Improvements made: medical service

In 2017 Melaleuca Prison had only recently opened and was "in its infancy", with procedures and staffing issues "still being worked out".

It was being privately run by Sodexo Australia, who subcontracted medical services to a company called Aspen Medical.

In mid-2020, management of the prison was returned to the Department of Justice.

In a statement, a spokesperson for Aspen Medical "commended" all those involved in the incident, and said it recognised the "ongoing loss" experienced by Ms Graham's family.

"Investigation and reflection of this incident provided an opportunity to ensure we can all do better, and as such, we set about improving processes and procedures in the immediate aftermath of the incident at this site, and across our entire organisation," the spokesperson said.

The Department of Justice issued a statement on Friday saying all deaths in custody were taken seriously, and systems and processes were always reviewed in light of coronial findings and recommendations.
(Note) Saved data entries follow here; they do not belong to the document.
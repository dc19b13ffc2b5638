//! The texts of rows of crossings.
ghost use Rattle.std.specs.Prelude.{◌≡◌, Some, bytes_eq};
ghost use Rattle.optra_cert.specs.RowTexts.{read_by};
ghost use Rattle.optra_cross.specs.CrossTexts.{cross_kind, cross_texts};

use crate::{CRow, CrossRows};
use optra_cert::row_fields::{minute_in, push_minute, push_text, track_in, type_in};
use optra_cert::{Cell, RowRead, RowText};
use optra_network::{Network, NoMemory};
use std::alloc::Global;

/// A row is told as `cross,<first track>,<first minute>,<first type>,<second track>,<second minute>,<second type>`, from
/// version 2 on. A minute is 0 to 2,998.
impl RowText for CrossRows {
    ghost use Rattle.optra_cross.specs.CrossTextLemmas.{cross_texts_are, cross_rows_fit};

    ghost texts_of = { λ _. cross_texts };

    ghost are_texts = { λ f apart. cross_texts_are };

    ghost rows_fit = { λ f net row p is. cross_rows_fit net p row is };

    fn version(&self) -> u8 {
        2
    }

    fn fields(&self, alloc: Global, net: &Network, row: CRow) -> Result<Vec<Cell>, NoMemory> {
        let mut cells = Vec::new(alloc);
        push_text(alloc, &mut cells, "cross")?;
        push_text(alloc, &mut cells, net.track_name(row.first_track))?;
        push_minute(alloc, &mut cells, row.first_at)?;
        push_text(alloc, &mut cells, net.type_name(row.first))?;
        push_text(alloc, &mut cells, net.track_name(row.second_track))?;
        push_minute(alloc, &mut cells, row.second_at)?;
        push_text(alloc, &mut cells, net.type_name(row.second))?;
        Ok(cells)
    }

    #[tactic(auto, unfolding(optra_cert::specs::RowTexts::read_row))]
    fn read(&self, net: &Network, version: u8, cells: &[Cell]) -> RowRead<CRow> {
        let Some(word) = cells.first() else {
            return RowRead::Kind;
        };
        if version < 2 || !is_cross(word) {
            return RowRead::Kind;
        }
        read_cross(net, &cells[1..])
    }
}

/// Whether the field is the word of rows of crossings.
fn is_cross(word: &Cell) -> bool
    ensures { result ≡ bytes_eq cross_kind.word word.now }
{
    "cross".as_bytes() == word.bytes()
}

/// What the fields behind the word are read as.
fn read_cross(net: &Network, fields: &[Cell]) -> RowRead<CRow>
    ensures { result ≡ read_by cross_texts net.now (Some cross_kind) fields.now }
{
    if fields.len() != 6 {
        return RowRead::Kind;
    }
    let Some(first_track) = track_in(net, fields[0].bytes()) else {
        return RowRead::Name;
    };
    let Some(first_at) = minute_in(fields[1].bytes()) else {
        return RowRead::Number;
    };
    let Some(first) = type_in(net, fields[2].bytes()) else {
        return RowRead::Name;
    };
    let Some(second_track) = track_in(net, fields[3].bytes()) else {
        return RowRead::Name;
    };
    let Some(second_at) = minute_in(fields[4].bytes()) else {
        return RowRead::Number;
    };
    let Some(second) = type_in(net, fields[5].bytes()) else {
        return RowRead::Name;
    };
    RowRead::Row(CRow {
        first_track,
        first_at,
        first,
        second_track,
        second_at,
        second,
    })
}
It said it noted that in this case, the coroner recognised improvements had been made at government-operated WA prisons regarding the availability and checking of functioning oxygen tanks, and as such made no recommendation.

Returning Melaleuca to public operation was an unrelated decision by the government, it said.

WA's unpaid fine laws were reformed in 2020 to make jail a last resort for fine defaulters, which could only be ordered by a magistrate.